Additionally, MetalLB can be configured in BGP mode which integrates with a router on the network. In this case, all nodes in the cluster will advertise the same set of IP addresses and the network router can properly load balance traffic directly to specific nodes. There also would be no failover latency involved in this case; the moment a node goes offline the router stops directing the traffic to that node and keeps feeding traffic other nodes instead.
Admittedly a BGP setup is way more complex that I would ever need in a homelab setup, and frankly it’s way over my head in terms of networks knowledge. So, I’ll stick to a default L2 setup in the chapter below.
How to setup MetalLB in microk8s
For all the lengthly preamble above, setting up metallb in ubuntu/microk8s environment is actually dead simple. It’s just one command:
sudo microk8s enable metallbWhen you run it, it will ask to give it an IP addresses range that it will later hand over to services. And that is a bit more complicated topic than the installation itself.
Long story short, the way L2 IPs advertisement works, it only affects devices within the same subnetwork. Most household routers would have their DHCP setup to the 192.168.XXX.* range with a net mask set to 255.255.255.0. Meaning that only the devices with IPs within the 192.168.XXX.* range will see the L2 addresses advertisement.
For example if the router network works with the 192.168.66.* range, the IP addresses that you give to MetalLB will have to come from that same range. Using say 192.168.67.* won’t work. I mean, technically it could, say if you set your net mask to 255.255.0.0, but that’s a whole another can of worms that I don’t want to open.
The easiest way to set it up is to basically limit DHCP range to say 192.168.66.1 ... 192.168.66.200 and give the rest 55 addresses to MetalLB. Although, frankly you won’t need 55 addresses, you might only use a hand full of them at best, the web ingress controller will only need one and that will probably cover 95% of your use cases.

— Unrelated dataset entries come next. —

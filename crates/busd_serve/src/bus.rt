//! A bus that clients can connect to.

use crate::fault::listen_fault;
use crate::login::LoginSettings;
use crate::polls::{Polls, open_polls};
use crate::runtime::DaemonRuntime;
use crate::serving::serve_bus;
use crate::tracing::{TraceFile, begin_files, open_files};
use busd_core::{
    Options, ServeFault, SocketPath, TraceFiles, open_random, random_bytes, read_cookie,
    read_services, rising_names,
};
use busd_sockets::{Entrance, NewConnections, PollWaker};
use mio::Poll;
use mio::net::UnixListener;
use names::WellKnown;
use routers::Coordinator;
use sasl::Cookie;
use service_files::Service;
use std::alloc::{AllocError, Global};
use std::fmt;
use std::fs::{OpenFile, remove_file};
use std::io::Write;
use std::net::Net;
use std::rt::Files;

/// A bus that clients can connect to. Any thread may stop it.
pub struct Bus<'a> {
    pub(crate) options: Options<'a>,
    pub(crate) login: LoginSettings<'a>,
    pub(crate) coordinator: Coordinator<PollWaker>,
    /// By routers.
    pub(crate) new_connections: Vec<NewConnections>,
}

impl Drop for Bus<'_> {
    fn drop(self) {
        let Bus {
            options,
            login,
            coordinator,
            new_connections,
        } = self;
        drop(options);
        drop(login);
        drop(coordinator);
        drop(new_connections);
    }
}

/// What the threads of a bus will work with, made when it is opened.
#[derive(Drop)]
pub struct Listening<F: Drop> {
    pub(crate) entrance: Entrance<F>,
    pub(crate) services: Vec<Service>,
    /// Their names, which rise.
    pub(crate) names: Vec<WellKnown>,
    /// By seats.
    pub(crate) traces: Vec<TraceFile<F>>,
    /// What ends the wait of the thread that accepts.
    pub(crate) waker: PollWaker,
    /// By routers.
    pub(crate) router_polls: Vec<Poll>,
}

/// Where a bus is reached, and its guid. (D-Bus Specification: "Server Addresses".)
///
/// It is shown as clients are told it: `unix:path=/run/user/1000/bus.sock,guid=` and 32 digits.
#[derive(Clone, Copy)]
pub struct BusAddress<'a> {
    path: SocketPath<'a>,
    guid: [u8; 16],
}

impl fmt::Display for BusAddress<'_> {
    fn fmt<W: fmt::Write>(&self, f: &mut fmt::Formatter<W>) -> fmt::Result {
        let guid = u128::from_be_bytes(self.guid);
        write!(f, "{},guid={guid:032x}", self.path)
    }
}

/// What is read and opened before the socket is made.
#[derive(Drop)]
struct Prepared<'a, F: Drop> {
    cookie: Cookie,
    services: Vec<Service>,
    names: Vec<WellKnown>,
    traces: Option<TraceFiles<'a, F>>,
    random: F,
    guid: [u8; 16],
}

/// Reads what the options name, and opens the files of the trace where they want one.
fn prepare<'a, R: Files + AllocGlobal + Clone + Drop>(
    rt: &R,
    options: &Options<'a>,
) -> Result<Prepared<'a, R::File>, ServeFault> {
    let cookie = read_cookie(rt, options.keyring)?;
    let services = read_services(rt, options.services)?;
    let names = rising_names(rt.alloc(), services.as_slice())?;
    let traces = open_files(rt, options)?;
    let mut random = open_random(rt)?;
    let guid = random_bytes(&mut random)?;
    Ok(Prepared {
        cookie,
        services,
        names,
        traces,
        random,
        guid,
    })
}

/// Above glibc's default mmap threshold, so that the block is mapped.
const LARGE: usize = 4_194_304;

/// Has the process keep what messages leave free: when a mapped block is freed, glibc raises its
/// mmap threshold to the block's size and its trim threshold to twice that (mallopt(3),
/// M_MMAP_THRESHOLD). Else a turn with large messages gives megabytes back, and the next gets them
/// anew, page by page.
fn keep_free_memory(alloc: Global) {
    let _block: Result<Vec<u8>, AllocError> = Vec::with_capacity(alloc, LARGE);
}

/// Makes what the threads work with, and begins the trace.
fn set_up<'a, F: OpenFile + Write + Drop, R: Net + Files + AllocGlobal + Clone + Drop>(
    rt: &R,
    options: Options<'a>,
    prepared: Prepared<'a, F>,
    listener: UnixListener,
) -> Result<(Bus<'a>, Listening<F>), ServeFault> {
    let Prepared {
        cookie,
        services,
        names,
        traces,
        random,
        guid,
    } = prepared;
    let Polls {
        poll,
        waker,
        coordinator,
        router_polls,
        new_connections,
    } = open_polls(rt, rt.alloc(), options.routers)?;
    let traces = begin_files(rt, traces, options.routers, names.as_slice())?;
    let bus = Bus {
        login: LoginSettings::new(&options, guid, cookie),
        options,
        coordinator,
        new_connections,
    };
    let listening = Listening {
        entrance: Entrance {
            listener,
            random,
            poll,
        },
        services,
        names,
        traces,
        waker,
        router_polls,
    };
    Ok((bus, listening))
}

impl<'a> Bus<'a> {
    /// Reads what the options name, makes the socket, and begins the trace where they want one.
    /// From then on clients can connect; they are served once [`Bus::serve`] runs.
    ///
    /// # Errors
    ///
    /// What is wrong at the start, the first of: the keyring, the services, the files of the trace,
    /// random bytes, the socket, the polls, the trace that can't be written; `Memory` where there
    /// is none for one of them. Then no socket is left that was made, and where there was one
    /// already, an earlier trace stands as it stood.
    pub fn open<R: Net + Files + AllocGlobal + Clone + Drop>(
        rt: &R,
        options: Options<'a>,
    ) -> Result<(Bus<'a>, Listening<R::File>), ServeFault> {
        let prepared = prepare(rt, &options)?;
        keep_free_memory(rt.alloc());
        let path = options.path;
        let listener = UnixListener::bind(rt, path.as_str()).map_err(listen_fault)?;
        match set_up(rt, options, prepared, listener) {
            Ok(made) => Ok(made),
            Err(fault) => {
                let _left = remove_file(rt, path.as_str());
                Err(fault)
            }
        }
    }

    /// Where clients connect.
    pub fn address(&self) -> BusAddress<'a> {
        BusAddress {
            path: self.options.path,
            guid: self.login.guid,
        }
    }

    /// Serves the clients that connect, until the bus is stopped: each router in a thread of its
    /// own, and this one accepts, and starts the programs of services that are called. Programs
    /// that run when the bus is stopped go on. What is told of connections, where the options want
    /// that, goes to standard error. Where they want a trace, each thread writes its lines at the
    /// end of a turn: so all are written while the bus is idle, and once this has returned.
    ///
    /// # Errors
    ///
    /// What the system gave no more: memory, threads, which is told as want of memory, word of the
    /// sockets, random bytes, or files of the trace that take its lines. Then all connections are
    /// closed.
    pub fn serve<R: DaemonRuntime>(
        &self,
        rt: &R,
        listening: Listening<R::File>,
    ) -> Result<(), ServeFault>
    where
        R::File: Send,
    {
        serve_bus(rt, self, listening)
    }

    /// The bus is to end: its threads do so after their turn, and [`Bus::serve`] returns.
    pub fn stop(&self) {
        self.coordinator.stop();
    }
}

And that’s more or less that. MetalLB will automatically distribute those IPs to interested services and advertise them to the network. And in case if you’d want to have a predefined IP, say for DNS purposes, you can make the service to ask for that specific address. Here for example my nginx ingress service.
apiVersion: v1
kind: Service
metadata:
name: ingress
namespace: ingress
spec:
selector:
name: nginx-ingress-microk8s
type: LoadBalancer
loadBalancerIP: 192.168.88.44Now, regardless which node actually advertises the IPs, all the port 80/443 traffic hitting that IP address will be directed into my nginx ingress service. Also, it won’t interfere with the actual physical machine IP that my router’s DHCP server assigned to it. Pretty neat, isn’t it?
And that’s all there is to it. It’s not all that complicated as it seemed initially.